In the presented case, the adenosarcoma underwent very rapid growth. In addition, this aggressive tumor was insensitive to either chemotherapy or radiotherapy. Several case reports have suggested that MPA may be effective in the treatment of adenosarcoma; however, MPA was contraindicated in the present case because she had deep vein thrombosis. Therefore, DNG was used as a substitute for MPA for progesterone therapy. A successful partial response was obtained at six months after initiating oral DNG treatment and the tumor was stable up to 21 months.

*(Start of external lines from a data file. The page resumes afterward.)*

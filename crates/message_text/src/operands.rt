//! The operands of each kind of message, as types. F is a file, K the number of a command, R and D
//! the required and the desired span.
use crate::fields::{BlockingWord, EpochName, FileName, LockText, Numbered, SpanText, WantsText};
use crate::names::{CallName, HostName};
use model::Mode;

/// The operands of a request: `F CALL KIND MODE R D`.
pub(crate) type RequestFields = (FileName, (CallName, (BlockingWord, (Mode, WantsText))));

/// The operands of a grant: `F K CALL MODE LO HI`, in version 2 with the epoch before K.
pub(crate) type GrantFields<V> = (FileName, Numbered<V, (CallName, (Mode, SpanText))>);

/// The operands of a revoke: `F K H CALL MODE R D`, in version 2 with the epoch before K.
pub(crate) type RevokeFields<V> = (
    FileName,
    Numbered<V, (HostName, (CallName, (Mode, WantsText)))>,
);

/// The operands of a taken: `F K CALL`, in version 2 with the epoch before K.
pub(crate) type TakenFields<V> = (FileName, Numbered<V, CallName>);

/// The operands of a released: `F K H CALL LO HI`, in version 2 with the epoch before K.
pub(crate) type ReleasedFields<V> = (FileName, Numbered<V, (HostName, (CallName, SpanText))>);

/// The operands of a conflict: `F K H CALL LOCK`, in version 2 with the epoch before K.
pub(crate) type ConflictFields<V> = (FileName, Numbered<V, (HostName, (CallName, LockText))>);

/// The operands of a deny: `F CALL H K LOCK`, in version 2 with the epoch before K.
pub(crate) type DenyFields<V> = (FileName, (CallName, (HostName, Numbered<V, LockText>)));

/// The operands of a freed: `F H`.
pub(crate) type FreedFields = (FileName, HostName);

/// The operands of a hello, and the first ones of a report: `F E H`.
pub(crate) type HelloFields = (FileName, (EpochName, HostName));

The rapid regrowth of the tumor following a long-term stable status may have been due to the reduction of ER and PR expression via histological evolution to sarcomatous overgrowth. In previous reports of adenosarcoma, successful treatment with MPA was demonstrated only for ER- and PR-positive tumors (Hines et al. 2002; Lee et al. 2010). Therefore, substantial levels of ER and PR expression may be necessary to induce the therapeutic effect of DNG, as well as MPA.

In conclusion, we experienced a case of advanced adenosarcoma that was treated with DNG. To the best of our knowledge, this is the first case report describing a therapeutic effect of DNG on a gynecologic malignancy. In this case, no adverse effects, including thromboembolism, were observed. DNG may be useful in the treatment of gynecologic malignancies, such as adenosarcoma, low-grade endometrial stromal sarcoma and grade 1 endometrial carcinoma, even for women who are at risk of thromboembolism.

Consent

Oral informed consent was obtained from the patient for the publication of this report and any accompanying images before her death. Written informed consent was obtained from the family of the patient for the publication of this report and any accompanying images.